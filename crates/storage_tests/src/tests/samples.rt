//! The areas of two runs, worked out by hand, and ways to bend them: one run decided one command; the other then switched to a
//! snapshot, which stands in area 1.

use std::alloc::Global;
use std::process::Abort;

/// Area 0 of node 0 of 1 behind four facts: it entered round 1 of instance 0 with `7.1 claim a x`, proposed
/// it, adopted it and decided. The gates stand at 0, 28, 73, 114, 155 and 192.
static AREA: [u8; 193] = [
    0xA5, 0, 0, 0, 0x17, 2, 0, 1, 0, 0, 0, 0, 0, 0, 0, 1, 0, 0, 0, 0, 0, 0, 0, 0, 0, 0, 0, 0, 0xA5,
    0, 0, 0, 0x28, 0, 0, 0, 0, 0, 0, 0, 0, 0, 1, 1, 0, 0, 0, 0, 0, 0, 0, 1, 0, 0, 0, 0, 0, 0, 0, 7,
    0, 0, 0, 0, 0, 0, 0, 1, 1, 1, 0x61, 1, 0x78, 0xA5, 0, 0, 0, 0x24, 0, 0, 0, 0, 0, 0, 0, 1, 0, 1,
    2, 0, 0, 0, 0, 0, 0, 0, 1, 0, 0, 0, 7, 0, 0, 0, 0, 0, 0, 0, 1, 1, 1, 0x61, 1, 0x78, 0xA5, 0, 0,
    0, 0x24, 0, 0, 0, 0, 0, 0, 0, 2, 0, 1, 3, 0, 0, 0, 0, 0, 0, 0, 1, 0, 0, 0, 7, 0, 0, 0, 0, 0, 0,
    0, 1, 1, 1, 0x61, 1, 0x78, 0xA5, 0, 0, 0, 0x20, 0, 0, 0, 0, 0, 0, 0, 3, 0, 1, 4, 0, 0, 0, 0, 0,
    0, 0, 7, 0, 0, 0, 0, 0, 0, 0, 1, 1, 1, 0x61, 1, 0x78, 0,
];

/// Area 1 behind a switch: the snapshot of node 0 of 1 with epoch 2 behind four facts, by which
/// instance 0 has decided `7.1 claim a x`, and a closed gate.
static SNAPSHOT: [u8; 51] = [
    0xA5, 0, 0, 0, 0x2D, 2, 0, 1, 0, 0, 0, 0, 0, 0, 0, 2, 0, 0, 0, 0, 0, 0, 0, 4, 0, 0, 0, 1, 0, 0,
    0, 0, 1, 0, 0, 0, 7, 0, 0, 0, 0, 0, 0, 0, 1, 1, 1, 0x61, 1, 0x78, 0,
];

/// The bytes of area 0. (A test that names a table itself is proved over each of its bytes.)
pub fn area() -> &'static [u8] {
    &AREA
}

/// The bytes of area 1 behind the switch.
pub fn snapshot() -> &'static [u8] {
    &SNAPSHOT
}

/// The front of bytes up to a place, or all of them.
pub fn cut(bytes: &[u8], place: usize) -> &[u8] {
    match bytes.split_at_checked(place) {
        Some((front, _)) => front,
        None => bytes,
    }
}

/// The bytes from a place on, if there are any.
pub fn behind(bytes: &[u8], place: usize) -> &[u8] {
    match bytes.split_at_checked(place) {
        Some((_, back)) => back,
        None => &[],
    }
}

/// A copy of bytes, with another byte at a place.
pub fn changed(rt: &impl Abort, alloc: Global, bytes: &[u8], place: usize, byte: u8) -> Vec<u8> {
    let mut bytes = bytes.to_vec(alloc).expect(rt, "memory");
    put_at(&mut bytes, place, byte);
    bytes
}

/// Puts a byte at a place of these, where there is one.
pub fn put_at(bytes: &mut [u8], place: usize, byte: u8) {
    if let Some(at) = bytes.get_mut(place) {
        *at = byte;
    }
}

### Problem details
Every line with the string "claim" in the material should be returned.

### Reply to the task
/// Area 0 of node 0 of 1 behind four facts: it entered round 1 of instance 0 with `7.1 claim a x`, proposed
/// instance 0 has decided `7.1 claim a x`, and a closed gate.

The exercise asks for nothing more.